▸ **Task description**
Give back all of the records, exactly and completely.

Stored data
//! The bytes of a run go out: while it runs, and at its end.
#![tactic(auto)]

mod behind;
mod counted;
mod live;
mod out;

pub use live::{LiveNo, LiveStep, write_live};
pub use out::{write_out, write_rest};
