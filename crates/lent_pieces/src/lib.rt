//! Pieces of the world that are lent under a claim, and what they come to when they are given back.
#![tactic(auto)]

mod claims;
mod giving;
mod leading;

pub use claims::{abandon, claim_piece, copy_machine, work_in};
pub use giving::{give, give_to};
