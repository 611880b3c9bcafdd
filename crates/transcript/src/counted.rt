ghost use Rattle.std.specs.Prelude.{◌≡◌, ◌≤◌, OnOk, length, take};
ghost use Rattle.std.specs.Io.KnownBytes.{append_known};
ghost use Rattle.world_io.specs.Taken.{CountsWrite};

use world_io::{Failed, Sink};

/// How many bytes a sink took, and whether a write failed.
#[derive(Drop)]
pub(crate) struct Counted {
    pub(crate) count: usize,
    pub(crate) outcome: Result<(), Failed>,
}

/// Writes the bytes to the sink, piece by piece. After a failed write it writes no more.
pub(crate) fn write_counted<K: Sink>(bytes: &[u8], sink: &mut K) -> Counted
    ensures within { result.count ≤ length bytes.now }
    ensures taken { (K.seen sink.new).taken ≡ append_known (K.seen sink.old).taken (take result.count bytes.now) }
    ensures whole { OnOk result.outcome (result.count ≡ length bytes.now) }
    ensures counts { CountsWrite result.outcome (K.seen sink.old).faults (K.seen sink.new).faults }
    ensures later { (K.seen sink.old).faults ≤ (K.seen sink.new).faults }
{
    let mut at = 0;
    while at < bytes.len() {
        match sink.write(&bytes[at..]) {
            Ok(count) => at += count,
            Err(failed) => {
                return Counted {
                    count: at,
                    outcome: Err(failed),
                };
            }
        }
    }
    Counted {
        count: at,
        outcome: Ok(()),
    }
}
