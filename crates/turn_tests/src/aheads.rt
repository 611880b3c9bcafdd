use crate::turns::{letter, name, request, told};
use serial_model::Entry;
use std::alloc::{AllocError, Global};
use std::test::Fail;
use turns_ahead::TurnAhead;

/// The turn 0.1.7 of the actor 0.1, whose begin is held.
fn begun(alloc: Global) -> Result<TurnAhead, AllocError> {
    let take = Entry::Take(name(alloc, "0.1")?, name(alloc, "0")?);
    TurnAhead::begin(alloc, take, name(alloc, "0.1.7")?, 0)
}

/// What becomes of the request, in words.
fn tried(alloc: Global, turn: &mut TurnAhead, kind: char) -> Result<String, AllocError> {
    let asked = request(alloc, kind)?;
    let ahead = turn.go(alloc, asked)?;
    told(alloc, &ahead)
}

/// The letter of what is settled, `T` for its begin, and a point where there is nothing.
fn settled(turn: &mut TurnAhead) -> char {
    if turn.takes().is_some() {
        turn.settle_begin();
        return 'T';
    }
    match turn.settle_first() {
        Ok(request) => letter(&request),
        Err(AllocError) => '.',
    }
}

#[test]
fn a_turn_waits_where_its_answer_is_looked_up(rt: HostRuntime) -> Result<(), Fail> {
    let mut turn = begun(rt.alloc())?;
    let rows = [
        ('p', "nil", false),
        ('d', "wait d", true),
        ('n', "ref [0, 1, 7, 0]", false),
        ('j', "wait j", true),
    ];
    for (kind, wanted, waits) in rows {
        assert_eq!(rt; tried(rt.alloc(), &mut turn, kind)?.as_str(), wanted);
        assert_eq!(rt; turn.waits(), waits);
    }
    Ok(())
}

#[test]
fn what_a_turn_holds_is_settled_in_its_order(rt: HostRuntime) -> Result<(), Fail> {
    let mut turn = begun(rt.alloc())?;
    for kind in ['s', 'd', 'p', 'a', 'o', 'j', 'b'] {
        tried(rt.alloc(), &mut turn, kind)?;
    }
    for wanted in ['T', 's', 'p', 'a', 'o', 'b', '.'] {
        assert_eq!(rt; settled(&mut turn), wanted);
    }
    Ok(())
}

/// Whether the turn is the one of that name, of that actor, which has made so many things.
fn is_so(
    alloc: Global,
    turn: &TurnAhead,
    of: &str,
    actor: &str,
    made: u32,
) -> Result<bool, AllocError> {
    Ok(turn.is_of(&name(alloc, of)?, &name(alloc, actor)?, made))
}

#[test]
fn a_turn_is_known(rt: HostRuntime) -> Result<(), Fail> {
    let mut turn = begun(rt.alloc())?;
    tried(rt.alloc(), &mut turn, 'n')?;
    let rows = [
        ("0.1.7", "0.1", 1, true),
        ("0.1.6", "0.1", 1, false),
        ("0.1.7", "0.2", 1, false),
        ("0.1.7", "0.1", 0, false),
    ];
    for (of, actor, made, wanted) in rows {
        assert_eq!(rt; is_so(rt.alloc(), &turn, of, actor, made)?, wanted);
    }
    Ok(())
}
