//! Tests of turns that run ahead, and of what hangs on what.
#![tactic(auto)]

#[cfg(test)]
mod aheads;
#[cfg(test)]
mod links;
#[cfg(test)]
mod turns;
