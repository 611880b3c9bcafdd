ghost use Rattle.std.specs.Prelude.{◌≡◌, ◌≤◌, ℕ, OnOk, drop};
ghost use Rattle.std.specs.Io.KnownBytes.{append_known};
ghost use Rattle.world_io.specs.Taken.{CountsWrite, TookPrefix};

use crate::behind::bytes_from;
use crate::counted::write_counted;
use world_io::{Failed, Sink};

/// Writes the bytes to the sink, piece by piece. `Ok` comes only where it took exactly these bytes, and `Failed` only where its
/// count of faults rose; then it took a front of them, and nothing more is written.
pub fn write_out<K: Sink>(bytes: &[u8], sink: &mut K) -> Result<(), Failed>
    ensures whole { OnOk result ((K.seen sink.new).taken ≡ append_known (K.seen sink.old).taken bytes.now) }
    ensures prefix { TookPrefix (K.seen sink.old).taken (K.seen sink.new).taken bytes.now }
    ensures counts { CountsWrite result (K.seen sink.old).faults (K.seen sink.new).faults }
    ensures later { (K.seen sink.old).faults ≤ (K.seen sink.new).faults }
{
    write_counted(bytes, sink).outcome
}

/// Writes the bytes behind the first `written`, unless a write before failed. It answers whether all writes went well, that one
/// with them: its faults are counted from any count before it from which the write before was.
pub fn write_rest<K: Sink>(
    bytes: &[u8],
    written: u64,
    before: Result<(), Failed>,
    sink: &mut K,
) -> Result<(), Failed>
    ensures whole { OnOk result ((K.seen sink.new).taken ≡ append_known (K.seen sink.old).taken (drop written bytes.now)) }
    ensures prefix { TookPrefix (K.seen sink.old).taken (K.seen sink.new).taken (drop written bytes.now) }
    ensures counts { (first : ℕ) → CountsWrite before first (K.seen sink.old).faults → CountsWrite result first (K.seen sink.new).faults }
    ensures later { (K.seen sink.old).faults ≤ (K.seen sink.new).faults }
{
    match before {
        Ok(()) => write_out(bytes_from(bytes, written), sink),
        Err(failed) => Err(failed),
    }
}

▸ **Response below**
//! The bytes of a run go out: while it runs, and at its end.
#![tactic(auto)]

mod behind;
mod counted;
mod live;
mod out;

pub use live::{LiveNo, LiveStep, write_live};
pub use out::{write_out, write_rest};
filename crates/lent_pieces/src/lib.rt
//! Pieces of the world that are lent under a claim, and what they come to when they are given back.
#![tactic(auto)]

mod claims;
mod giving;
mod leading;

pub use claims::{abandon, claim_piece, copy_machine, work_in};
pub use giving::{give, give_to};
repository 611880b3c9bcafdd
filename crates/transcript/src/counted.rt
ghost use Rattle.std.specs.Prelude.{◌≡◌, ◌≤◌, OnOk, length, take};
ghost use Rattle.std.specs.Io.KnownBytes.{append_known};
ghost use Rattle.world_io.specs.Taken.{CountsWrite};

use world_io::{Failed, Sink};

/// How many bytes a sink took, and whether a write failed.
#[derive(Drop)]
pub(crate) struct Counted {
    pub(crate) count: usize,
    pub(crate) outcome: Result<(), Failed>,
}

/// Writes the bytes to the sink, piece by piece. After a failed write it writes no more.
pub(crate) fn write_counted<K: Sink>(bytes: &[u8], sink: &mut K) -> Counted
    ensures within { result.count ≤ length bytes.now }
    ensures taken { (K.seen sink.new).taken ≡ append_known (K.seen sink.old).taken (take result.count bytes.now) }
    ensures whole { OnOk result.outcome (result.count ≡ length bytes.now) }
    ensures counts { CountsWrite result.outcome (K.seen sink.old).faults (K.seen sink.new).faults }
    ensures later { (K.seen sink.old).faults ≤ (K.seen sink.new).faults }
{
    let mut at = 0;
    while at < bytes.len() {
        match sink.write(&bytes[at..]) {
            Ok(count) => at += count,
            Err(failed) => {
                return Counted {
                    count: at,
                    outcome: Err(failed),
                };
            }
        }
    }
    Counted {
        count: at,
        outcome: Ok(()),
    }
}
filename crates/turn_tests/src/aheads.rt
repository 611880b3c9bcafdd
use crate::turns::{letter, name, request, told};
use serial_model::Entry;
use std::alloc::{AllocError, Global};
use std::test::Fail;
use turns_ahead::TurnAhead;

/// The turn 0.1.7 of the actor 0.1, whose begin is held.
fn begun(alloc: Global) -> Result<TurnAhead, AllocError> {
    let take = Entry::Take(name(alloc, "0.1")?, name(alloc, "0")?);
    TurnAhead::begin(alloc, take, name(alloc, "0.1.7")?, 0)
}

/// What becomes of the request, in words.
fn tried(alloc: Global, turn: &mut TurnAhead, kind: char) -> Result<String, AllocError> {
    let asked = request(alloc, kind)?;
    let ahead = turn.go(alloc, asked)?;
    told(alloc, &ahead)
}

/// The letter of what is settled, `T` for its begin, and a point where there is nothing.
fn settled(turn: &mut TurnAhead) -> char {
    if turn.takes().is_some() {
        turn.settle_begin();
        return 'T';
    }
    match turn.settle_first() {
        Ok(request) => letter(&request),
        Err(AllocError) => '.',
    }
}

#[test]
fn a_turn_waits_where_its_answer_is_looked_up(rt: HostRuntime) -> Result<(), Fail> {
    let mut turn = begun(rt.alloc())?;
    let rows = [
        ('p', "nil", false),
        ('d', "wait d", true),
        ('n', "ref [0, 1, 7, 0]", false),
        ('j', "wait j", true),
    ];
    for (kind, wanted, waits) in rows {
        assert_eq!(rt; tried(rt.alloc(), &mut turn, kind)?.as_str(), wanted);
        assert_eq!(rt; turn.waits(), waits);
    }
    Ok(())
}

#[test]
fn what_a_turn_holds_is_settled_in_its_order(rt: HostRuntime) -> Result<(), Fail> {
    let mut turn = begun(rt.alloc())?;
    for kind in ['s', 'd', 'p', 'a', 'o', 'j', 'b'] {
        tried(rt.alloc(), &mut turn, kind)?;
    }
    for wanted in ['T', 's', 'p', 'a', 'o', 'b', '.'] {
        assert_eq!(rt; settled(&mut turn), wanted);
    }
    Ok(())
}

/// Whether the turn is the one of that name, of that actor, which has made so many things.
fn is_so(
    alloc: Global,
    turn: &TurnAhead,
    of: &str,
    actor: &str,
    made: u32,
) -> Result<bool, AllocError> {
    Ok(turn.is_of(&name(alloc, of)?, &name(alloc, actor)?, made))
}

#[test]
fn a_turn_is_known(rt: HostRuntime) -> Result<(), Fail> {
    let mut turn = begun(rt.alloc())?;
    tried(rt.alloc(), &mut turn, 'n')?;
    let rows = [
        ("0.1.7", "0.1", 1, true),
        ("0.1.6", "0.1", 1, false),
        ("0.1.7", "0.2", 1, false),
        ("0.1.7", "0.1", 0, false),
    ];
    for (of, actor, made, wanted) in rows {
        assert_eq!(rt; is_so(rt.alloc(), &turn, of, actor, made)?, wanted);
    }
    Ok(())
}
//! Tests of turns that run ahead, and of what hangs on what.
#![tactic(auto)]

#[cfg(test)]
mod aheads;
#[cfg(test)]
mod links;
#[cfg(test)]
mod turns;
repository 611880b3c9bcafdd
ghost use Rattle.std.specs.Prelude.{◌≡◌, ◌≤◌, ℕ, OnOk, drop};
ghost use Rattle.std.specs.Io.KnownBytes.{append_known};
ghost use Rattle.world_io.specs.Taken.{CountsWrite, TookPrefix};

use crate::behind::bytes_from;
use crate::counted::write_counted;
use world_io::{Failed, Sink};

/// Writes the bytes to the sink, piece by piece. `Ok` comes only where it took exactly these bytes, and `Failed` only where its
/// count of faults rose; then it took a front of them, and nothing more is written.
pub fn write_out<K: Sink>(bytes: &[u8], sink: &mut K) -> Result<(), Failed>
    ensures whole { OnOk result ((K.seen sink.new).taken ≡ append_known (K.seen sink.old).taken bytes.now) }
    ensures prefix { TookPrefix (K.seen sink.old).taken (K.seen sink.new).taken bytes.now }
    ensures counts { CountsWrite result (K.seen sink.old).faults (K.seen sink.new).faults }
    ensures later { (K.seen sink.old).faults ≤ (K.seen sink.new).faults }
{
    write_counted(bytes, sink).outcome
}

/// Writes the bytes behind the first `written`, unless a write before failed. It answers whether all writes went well, that one
/// with them: its faults are counted from any count before it from which the write before was.
pub fn write_rest<K: Sink>(
    bytes: &[u8],
    written: u64,
    before: Result<(), Failed>,
    sink: &mut K,
) -> Result<(), Failed>
    ensures whole { OnOk result ((K.seen sink.new).taken ≡ append_known (K.seen sink.old).taken (drop written bytes.now)) }
    ensures prefix { TookPrefix (K.seen sink.old).taken (K.seen sink.new).taken (drop written bytes.now) }
    ensures counts { (first : ℕ) → CountsWrite before first (K.seen sink.old).faults → CountsWrite result first (K.seen sink.new).faults }
    ensures later { (K.seen sink.old).faults ≤ (K.seen sink.new).faults }
{
    match before {
        Ok(()) => write_out(bytes_from(bytes, written), sink),
        Err(failed) => Err(failed),
    }
}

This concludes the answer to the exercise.